Tabel 18 menunjukkan bahwa apabila terjadi penurunan produksi rumput laut sebesar 30 persen, menyebabkan keuntungan privat petani rumput laut di Kepulauan Tanakeke menjadi lebih sedikit dibandingkan pada kondisi tanpa adanya perubahan. Hal ini menunjukkan bahwa pengusahaan rumput laut di Kepulauan Tanakeke sensitif terhadap perubahan produksi. Sedangkan apabila terjadi penurunan harga output rumput laut sebesar 16 persen, maka petani masih memiliki keuntungan yang positif atau masih layak untuk diusahakan meskipun keuntungan tersebut akan berkurang 2 kali lipat dari kondisi normal.

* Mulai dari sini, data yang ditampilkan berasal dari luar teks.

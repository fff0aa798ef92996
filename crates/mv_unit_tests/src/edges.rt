//! Sources and sinks in memory that work or fail.

use crate::cases::ensure_at;
use mv_edge::edge::Failed;
use mv_edge::memory_sink::MemorySink;
use mv_edge::memory_source::MemorySource;
use mv_edge::reading::{ReadFault, read_all};
use mv_edge::writing::write_all;
use mv_values::list::List;
use mv_values::memory::NoMemory;
use std::alloc::Global;
use std::test::Fail;

fn only(alloc: Global, call: u64) -> Result<List<u64>, NoMemory> {
    let mut calls = List::new(alloc);
    calls.push(call)?;
    Ok(calls)
}

/// The read that fails, and how many of 5000 bytes are read or the fault.
const READS: &[(u64, Result<usize, ReadFault>)] = &[
    (0, Err(ReadFault::Failed)),
    (1, Err(ReadFault::Failed)),
    (2, Err(ReadFault::Failed)),
    (3, Ok(5000)),
];

/// Returns a source of 5000 bytes whose call with this number fails.
fn source(alloc: Global, failing: u64) -> Result<MemorySource, NoMemory> {
    let calls = only(alloc, failing)?;
    let mut bytes = List::new(alloc);
    bytes.append(&[7; 5000])?;
    Ok(MemorySource::new(bytes, calls))
}

fn read(alloc: Global, failing: u64) -> Result<Result<usize, ReadFault>, NoMemory> {
    let mut source = source(alloc, failing)?;
    match read_all(alloc, &mut source) {
        Ok(bytes) => Ok(Ok(bytes.len())),
        Err(fault) => Ok(Err(fault)),
    }
}

#[test]
fn reads_all_or_fails(rt: HostRuntime) -> Result<(), Fail> {
    let alloc = rt.alloc();
    for (i, (failing, want)) in READS.iter().enumerate() {
        ensure_at(alloc, read(alloc, *failing)? == *want, i)?;
    }
    Ok(())
}

/// The write that fails, the room, the result, and what is written.
type Written = (u64, usize, Result<(), Failed>, &'static [u8]);

const WRITES: &[Written] = &[
    (0, 6, Err(Failed), b""),
    (1, 6, Ok(()), b"abcdef"),
    (1, 7, Ok(()), b"abcdef"),
    (1, 5, Err(Failed), b"abcde"),
    (2, 5, Err(Failed), b"abcde"),
    (2, 0, Err(Failed), b""),
];

fn writes(alloc: Global, case: &Written) -> Result<bool, NoMemory> {
    let (failing, room, want, written) = *case;
    let mut sink = MemorySink::new(alloc, room, only(alloc, failing)?)?;
    let got = write_all(&mut sink, b"abcdef");
    Ok(got == want && sink.written() == written)
}

#[test]
fn writes_all_or_a_front(rt: HostRuntime) -> Result<(), Fail> {
    let alloc = rt.alloc();
    for (i, case) in WRITES.iter().enumerate() {
        ensure_at(alloc, writes(alloc, case)?, i)?;
    }
    Ok(())
}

Analisis sensitivitas juga dilakukan untuk melihat daya saing rumput laut di Kepulauan Tanakeke apabila terjadi perubahan harga output maupun produksi. Analisis sensitivitas terhadap indikator daya saing dapat dilihat pada Tabel 19.

Tabel 19 menunjukkan bahwa kebijakan yang menjadikan petani rumput laut pada kondisi tidak berdaya saing dan paling sensitif terhadap perubahan daya saing adalah ketika produksi rumput laut turun sebesar 30 persen. Penurunan produksi sebesar 30 persen dan penurunan harga output sebesar 16 persen menyebabkan nilai DRC dan PCR semakin besar dari kondisi normal. Hal ini berarti usahatani rumput laut di Kepulauan Tanakeke akan semakin kurang efesien untuk diproduksi baik secara privat amupun maupun sosial. Oleh karena itu, pemerintah harus benar-benar memperhatikan kestabilan harga rumput laut agar petani rumput laut tetap memiliki insentif untuk membudidayakan rumput laut.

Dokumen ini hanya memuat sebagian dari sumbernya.